Comment From: benhoyt

Note that I looked at all of those "similar issues", but I think this is different from all of them. The closest is https://github.com/golang/go/issues/25973, but it's a bit hard to tell, and that was closed quickly by the creator with "I was doing something wrong" and no further info.

Comment From: dimaqq

Prior art outside golang:

https://github.com/crystal-lang/crystal/issues/8069

The link to Ruby implementation from the above:

https://github.com/ruby/ruby/blob/81562f943e4f33fbfd00fdfd115890ba0b76916c/process.c#L5934-L5950

Comment From: benhoyt

@kortschak helped me work through this on Gophers Slack. getpwnam_r definitely returns ENOENT (errno 2) under some circumstances. Via debugging, I can see that's what it's returning on my machine in the above example.

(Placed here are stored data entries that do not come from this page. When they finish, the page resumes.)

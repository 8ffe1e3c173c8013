//! Generic Desktop: axes, wheels, hats and keys of the system.
ghost use Rattle.std.specs.Prelude.{◌≡◌, ◌<◌, ◌^◌};
ghost use Rattle.hidreport_linux.specs.Events.{axis, by_row, control, depth, desktop, direction, is_direction, of_device, is_of_pen, is_of_radios, is_start_or_select, is_system_row, own_axis, rarer_control, wheel};

use super::pages::{listed_or_ignored, other};
use super::{Role, Wanted};
use crate::event_code::EventCode;
use crate::place::Place;
use crate::unmapped::Unmapped;

/// What a usage of Generic Desktop asks for.
///
/// Those of 80 to BF go by their last two digits, whatever stands before them, but for 90 to 9F.
#[tactic(auto, unfolding(crate::specs::Events::desktop))]
pub(crate) fn desktop(usage: u32, place: &Place) -> Result<Wanted, Unmapped>
    ensures { result ≡ desktop usage place.now }
{
    let low = usage % 0x100;
    by_row(low / 0x10, low, usage, place)
}

/// The same by the last two digits, and by the first of these.
#[tactic(auto, unfolding(crate::specs::Events::by_row))]
fn by_row(row: u32, low: u32, usage: u32, place: &Place) -> Result<Wanted, Unmapped>
    requires { low < 2 ^ 8 }
    ensures { result ≡ by_row row low usage place.now }
{
    if low == 0x80 {
        other(place)
    } else if is_system_row(row) {
        listed_or_ignored(0x0001_0000 + low)
    } else if row == 0x9 {
        direction(usage, place)
    } else {
        of_device(usage, place)
    }
}

/// What controls of a device ask for, none of which are in a System Control.
#[tactic(auto, unfolding(crate::specs::Events::of_device))]
fn of_device(usage: u32, place: &Place) -> Result<Wanted, Unmapped>
    ensures { result ≡ of_device usage place.now }
{
    if place.application == 0x0001_0080 {
        Err(Unmapped::SystemControl)
    } else {
        control(usage, place)
    }
}

/// Whether the usages whose last two digits begin so are keys of the system.
fn is_system_row(row: u32) -> bool
    ensures { result ≡ is_system_row row }
{
    row == 0x8 || row == 0xa || row == 0xb
}

/// The directions of a D-pad, and Do Not Disturb.
#[tactic(auto, unfolding(crate::specs::Events::direction))]
fn direction(usage: u32, place: &Place) -> Result<Wanted, Unmapped>
    ensures { result ≡ direction usage place.now }
{
    if is_direction(usage) {
        Wanted::asks(EventCode::absolute(0x10), false, Role::Direction)
    } else if usage == 0x0001_009b {
        listed_or_ignored(usage)
    } else {
        other(place)
    }
}

/// Whether it is a direction of a D-pad.
fn is_direction(usage: u32) -> bool
    ensures { result ≡ is_direction usage }
{
    usage / 4 == 0x4024
}

/// The controls of a device.
#[tactic(auto, unfolding(crate::specs::Events::control))]
fn control(usage: u32, place: &Place) -> Result<Wanted, Unmapped>
    ensures { result ≡ control usage place.now }
{
    match usage {
        0x0001_0030 => axis(0, place),
        0x0001_0031 => axis(1, place),
        0x0001_0032 => depth(place),
        0x0001_0033 => axis(3, place),
        0x0001_0034 => axis(4, place),
        0x0001_0035 => axis(5, place),
        0x0001_0036 => own_axis(6, place),
        0x0001_0037 => own_axis(7, place),
        0x0001_0038 => wheel(place),
        0x0001_0039 => Wanted::asks(EventCode::absolute(0x10), false, Role::Hat),
        _ => rarer_control(usage, place),
    }
}

/// The other controls.
#[tactic(auto, unfolding(crate::specs::Events::rarer_control))]
fn rarer_control(usage: u32, place: &Place) -> Result<Wanted, Unmapped>
    ensures { result ≡ rarer_control usage place.now }
{
    if is_start_or_select(usage) {
        listed_or_ignored(usage)
    } else if is_of_radios(usage, place) {
        Wanted::asks(EventCode::key(0xf7), true, Role::Radio)
    } else {
        other(place)
    }
}

/// Whether it is Start or Select of a game pad.
fn is_start_or_select(usage: u32) -> bool
    ensures { result ≡ is_start_or_select usage }
{
    usage == 0x0001_003d || usage == 0x0001_003e
}

/// Whether it is the button of wireless radio controls.
fn is_of_radios(usage: u32, place: &Place) -> bool
    ensures { result ≡ is_of_radios usage place.now }
{
    usage == 0x0001_00c6 && place.application == 0x0001_000c
}

/// An axis, which several usages may have.
fn axis(number: u16, place: &Place) -> Result<Wanted, Unmapped>
    ensures { result ≡ axis number place.now }
{
    if place.is_relative {
        Wanted::own(EventCode::relative(number))
    } else {
        Wanted::shared(EventCode::absolute(number))
    }
}

/// A slider or a dial, which only one usage may have.
fn own_axis(number: u16, place: &Place) -> Result<Wanted, Unmapped>
    ensures { result ≡ own_axis number place.now }
{
    let code = if place.is_relative {
        EventCode::relative(number)
    } else {
        EventCode::absolute(number)
    };
    Wanted::own(code)
}

/// Z, which is the distance of a pen.
fn depth(place: &Place) -> Result<Wanted, Unmapped>
    ensures { result ≡ depth place.now }
{
    if !place.is_relative && is_of_pen(place) {
        return Wanted::shared(EventCode::absolute(0x19));
    }
    axis(2, place)
}

fn is_of_pen(place: &Place) -> bool
    ensures { result ≡ is_of_pen place.now }
{
    place.application == 0x000d_0001
        || place.application == 0x000d_0002
        || place.physical == 0x000d_0002
        || place.physical == 0x000d_0020
        || place.logical == 0x000d_0020
}

/// A wheel, which counts parts of a click where it is relative.
fn wheel(place: &Place) -> Result<Wanted, Unmapped>
    ensures { result ≡ wheel place.now }
{
    if place.is_relative {
        Wanted::asks(EventCode::relative(0x0b), false, Role::Wheel)
    } else {
        Wanted::own(EventCode::absolute(0x08))
    }
}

It's documented this way:

On success, getpwnam_r() and getpwuid_r() return zero, and set result to pwd. If no matching password record was found, these functions return 0 and store NULL in result. In case of error, an error number is returned, and NULL is stored in *result.

So we should be checking the return value (error number) against ENOENT, probably in lookupUser.

I still don't know what's different about my machine than my colleague's. Maybe a different nsswitch.conf? I'm out of my depth here. Suffice to say that mine is a very fresh install of Ubuntu 24.04, and I haven't mucked with those settings that I know of.

For reference, here's a little C program that Dan wrote -- it reproduces this issue on my machine.

$ cat t.c
#include <stdio.h>
#include <stdlib.h>
#include <sys/types.h>
#include <pwd.h>
#include <errno.h>

void main() {
    struct passwd pwd;
    struct passwd *result;
    size_t buflen = 4096;
    char *buf = (char*)malloc(buflen);
    int ret = getpwnam_r("baduser", &pwd, buf, buflen, &result);
    printf("%d %d %s %d\n", ret, errno, pwd.pw_name, pwd.pw_uid);
}
$ gcc t.c
$ ./a.out
2 2 pulse 122
$ # note that "pulse" is undefined bytes (it's the last username in my /etc/passwd)

I'll try to put up a Go change to fix this.

Comment From: benhoyt

Thanks @dimaqq, that Crystal issue looks like exactly the same problem.

Comment From: gopherbot

Change https://go.dev/cl/591555 mentions this issue: os/user: make Lookup* functions properly handle ENOENT

Comment From: benhoyt

A colleague and I got to the bottom of why/when this is happening. On my machine, for whatever reason (on a relatively fresh Ubuntu 24.04 install), I have the following line in my nsswitch.conf:

$ grep passwd /etc/nsswitch.conf 
passwd:         files systemd sss

It's the sss that's doing it. I have libsss installed, though sssd is not running. To reproduce this, 1) add sss to the passwd: line as per above, and 2) install libnss-sss with sudo apt install libnss-sss if it's missing. My colleague did that that and could repro the issue of ENOENT being returned, and similarly my system no longer returns ENOENT if I remove the sss (it then returns no error and not-found).